▶ **Provided records**
= = = =

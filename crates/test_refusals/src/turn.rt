//! Calls of which one growth is refused, first the first, then the second, and so on until no refusal is met.
use test_support::refusing::MANY;

/// What came of a call of which one growth was to be refused.
#[derive(Clone, Copy)]
pub enum Turn {
    /// It asked for fewer growths, and answered as it does with all the memory that it asks for.
    Whole,
    /// It was refused that growth, and said just that.
    Refused,
    /// It answered something else.
    Wrong,
}

impl Turn {
    /// The turn of two calls that are to be alike.
    pub fn and(self, other: Turn) -> Turn {
        match (self, other) {
            (Turn::Whole, Turn::Whole) => Turn::Whole,
            (Turn::Refused, Turn::Refused) => Turn::Refused,
            _ => Turn::Wrong,
        }
    }

    /// How many growths were refused, if the turn of the n-th is the last; `MANY` where it is wrong.
    pub fn end(self, n: u64) -> Option<u64> {
        match self {
            Turn::Whole => Some(n.saturating_sub(1)),
            Turn::Refused => None,
            Turn::Wrong => Some(MANY),
        }
    }
}

/// The turn of a call that was not refused, or was, and that answered what is wanted then, or didn't.
pub fn turn_of(is_whole: bool, is_right: bool) -> Turn {
    if !is_right {
        Turn::Wrong
    } else if is_whole {
        Turn::Whole
    } else {
        Turn::Refused
    }
}

/// The turn of a call by the number of the fault that it ended with.
pub fn turn_by_fault(is_whole: bool, fault: Option<u8>) -> Turn {
    turn_of(is_whole, fault == if is_whole { None } else { Some(2) })
}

= = = =

▶ **Problem statement**
Each line from the one containing "pub fn and(self, other: Turn)" to the last line of the material above should be reproduced word for word, with nothing added.

▶ **Your response**
    pub fn and(self, other: Turn) -> Turn {
        match (self, other) {
            (Turn::Whole, Turn::Whole) => Turn::Whole,
            (Turn::Refused, Turn::Refused) => Turn::Refused,
            _ => Turn::Wrong,
        }
    }

    /// How many growths were refused, if the turn of the n-th is the last; `MANY` where it is wrong.
    pub fn end(self, n: u64) -> Option<u64> {
        match self {
            Turn::Whole => Some(n.saturating_sub(1)),
            Turn::Refused => None,
            Turn::Wrong => Some(MANY),
        }
    }
}

/// The turn of a call that was not refused, or was, and that answered what is wanted then, or didn't.
pub fn turn_of(is_whole: bool, is_right: bool) -> Turn {
    if !is_right {
        Turn::Wrong
    } else if is_whole {
        Turn::Whole
    } else {
        Turn::Refused
    }
}

/// The turn of a call by the number of the fault that it ended with.
pub fn turn_by_fault(is_whole: bool, fault: Option<u8>) -> Turn {
    turn_of(is_whole, fault == if is_whole { None } else { Some(2) })
}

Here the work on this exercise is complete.